その変化した姿は、”死”そのものだった。
背中からは黒いオーラが流れ出て外套のように風になびく。頭髪は白髪から黒髪に変化し、瞳の色も漆黒そのものだ。そして何より目を引くのが、右手に持った大きな剣。
とてつもなく、死の匂いを漂わせるその剣を、私は待ち望んでいた。
あれが、私を殺すことのできる、この世で唯一の武器。
「包囲!」
九条はそう叫ぶと、持っていた細剣を地面に突き立てる。突き立てられた細剣は柄だけ残し砕けると、光は相手の四方に散り、無数の刃に変化する。
「乱撃!」
残った柄をその場で振り回すと、相手を囲んでいた刃が不規則なリズムで襲い掛かる。しかし相手はその全てを視認せずに叩き落していく。叩き落され砕け散った刃はまた収束し新たな刃となって相手を襲う。
どれくらいの時間それが続いただろう。あるいは一瞬だったかもしれない。私がまばたきをするその刹那に勝負は決した。
最後の一撃の直後しか見えなかったが、勝敗は明らかだった。九条が腕を交差させて防御の体勢をとっていたが、その上から地形が変化するほどの重い攻撃を受け、そして九条の身体を上から下へと斬り下ろしていく。
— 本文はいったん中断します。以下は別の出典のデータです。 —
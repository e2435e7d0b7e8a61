//! Tests of types and forms, of a pool of messages, of disks and their journals, and of the adapters to this machine.
#![tactic(auto)]

#[cfg(test)]
mod clusters;
#[cfg(test)]
mod disks;
#[cfg(test)]
mod forms;
#[cfg(test)]
mod ids;
#[cfg(test)]
mod journals;
#[cfg(test)]
mod links;
#[cfg(test)]
mod machine;
#[cfg(test)]
mod outside;
#[cfg(test)]
mod plain_keys;
#[cfg(test)]
mod pools;
#[cfg(test)]
mod transactions;
#[cfg(test)]
mod values;
#[cfg(test)]
mod words;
真っ二つ、とはならなかったが、しかしあれだけ深い傷を負っては、もう戦えないだろう。九条が、その場でひざから崩れ落ちる。
「さて、残りは君だ」
圧倒的。絶対的なその存在は一歩一歩私に向かってくる。
ああ、この人になら殺されてもいい。
そう、一層強く思ってしまった。
だけど。
「私はもう、間違えない」
私の中で、何かが弾けた。
これは違うと、何かがささやいた。
私は過去の自分を否定したくなかった。だから、自分が死ぬという今この時でさえも私は間違った選択をとろうとしている。それが私にとって正しいことだから。何もせずただ黙って殺される。という一番最悪な選択を、当たり前のように享受する。
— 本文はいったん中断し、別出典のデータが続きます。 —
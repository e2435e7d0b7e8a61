//! Byte strings, lists and versions.

use basil_types::bytes::{Bytes, id_of};
use basil_types::list::List;
use basil_types::version::Version;
use std::test::Fail;

// SHA-256 of the three bytes abc (FIPS 180-4, its first example).
const ABC: [u8; 32] = [
    0xba, 0x78, 0x16, 0xbf, 0x8f, 0x01, 0xcf, 0xea, 0x41, 0x41, 0x40, 0xde, 0x5d, 0xae, 0x22, 0x23,
    0xb0, 0x03, 0x61, 0xa3, 0x96, 0x17, 0x7a, 0x9c, 0xb4, 0x10, 0xff, 0x61, 0xf2, 0x00, 0x15, 0xad,
];

/// Versions in ascending order: by time, then client, then id.
const ASCENDING: &[Version] = &[
    Version {
        time: 5,
        client: 4,
        id: [6; 32],
    },
    Version {
        time: 5,
        client: 4,
        id: [7; 32],
    },
    Version {
        time: 5,
        client: 5,
        id: [0; 32],
    },
    Version {
        time: 6,
        client: 0,
        id: [0; 32],
    },
];

#[test]
fn versions_are_ordered(rt: HostRuntime) {
    for (place, left) in ASCENDING.iter().enumerate() {
        assert!(rt; Version::genesis().is_below(left));
        for (other, right) in ASCENDING.iter().enumerate() {
            assert!(rt;
                left.is_below(right) == (place < other),
                "{place} and {other}"
            );
        }
    }
}

#[test]
fn bytes_are_ordered_and_have_an_id(rt: HostRuntime) -> Result<(), Fail> {
    let alloc = rt.alloc();
    let a = Bytes::copy_of(alloc, b"a")?;
    let ab = Bytes::from_vec(Vec::from_slice(alloc, b"ab")?);
    assert!(rt; ab.as_slice() == b"ab".as_slice());
    assert!(rt; a == a);
    assert!(rt; a != ab);
    assert!(rt; a.cmp(&ab).is_lt());
    assert!(rt; id_of(b"abc") == ABC);
    Ok(())
}

#[test]
fn lists_keep_their_items(rt: HostRuntime) -> Result<(), Fail> {
    let mut list: List<u8> = List::new(rt.alloc());
    list.room_for(2)?;
    list.push(3);
    list.push(4);
    assert!(rt; list.as_slice() == [3, 4].as_slice());
    let list = List::from_vec(list.into_vec());
    assert!(rt; list.as_slice() == [3, 4].as_slice());
    Ok(())
}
だからこそこの場で、この状況で、”私”は私を否定する。
「私はまだ、死ぬわけにはいかない!」
私が死ねば、片翼を担うティデリアも死んでしまう。
それだけは、嫌だ。
「ああ、君は”黒衣”の因子か」
黒の因子の能力はそのほとんどが使用者を纏うように発現するのとは違い、”黒衣”の能力は使用者の武器に纏うように発現する。
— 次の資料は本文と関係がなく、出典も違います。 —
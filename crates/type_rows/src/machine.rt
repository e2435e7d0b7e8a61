//! Tests of the adapters, over the sockets and the clock of this machine.

use basil_types::clock::Clock;
use basil_types::links::{LinkFail, Links};
use machine_adapters::clock::SystemClock;
use machine_adapters::sockets::SocketLinks;
use std::test::Fail;

/// A frame longer than any piece, twice over the same links.
#[test]
fn a_long_frame_comes_back(rt: HostRuntime) -> Result<(), Fail> {
    let alloc = rt.alloc();
    let mut links = SocketLinks::new(&rt, alloc);
    let mut frame = vec![in alloc; 7u8; 1_000_000]?;
    frame.push(9)?;
    let mut given = Vec::new(alloc);
    for _ in 0..2 {
        links.carry(&frame, &mut given)?;
        assert!(rt; given.as_slice() == frame.as_slice());
    }
    Ok(())
}

/// Nothing listens, and nothing is open.
#[test]
fn calls_without_a_peer_fail(rt: HostRuntime) -> Result<(), Fail> {
    let mut links = SocketLinks::new(&rt, rt.alloc());
    assert!(rt; links.open("127.0.0.1:1") == Err(LinkFail::Failed));
    assert!(rt; links.accept() == Err(LinkFail::Failed));
    assert!(rt; links.write(b"a") == Err(LinkFail::Failed));
    assert!(rt; links.read(&mut [0u8; 1]) == Err(LinkFail::Failed));
    Ok(())
}

/// The clock stands behind the year 2020 and before the year 2200.
#[test]
fn the_clock_gives_milliseconds(rt: HostRuntime) -> Result<(), Fail> {
    let mut clock = SystemClock::new(&rt);
    let now = clock.now();
    assert!(rt; now > 1_577_836_800_000 && now < 7_258_118_400_000);
    Ok(())
}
だから、私の持つ太刀から滲み出るおぞましいオーラを見て相手はそう判断したらしい。
しかし、これはまだ半分。
「ん? ”黒衣”は使用者自身には発現しないはずだが」
「ひとつ、勘違いをしているらしいですね」
きっと相手が最初に私の所有する因子武器を判別できなかった理由がこれだ。
「私は確かに”黒衣”の因子の能力を持つ武器を所有していますが、”私”が内蔵している因子は”黒炎”です!」
燃えるような黒いオーラが、私から溢れ出てくる。それはまるで衰えることのない、延々と燃え盛る炎であり、私の生命そのものが燃えていると言ってもいい。
意識が遠のいていくのが分かる。それでも気丈に胸を張って、清々しくも寂しい気持ちを抱きながら、”私”が宣言する。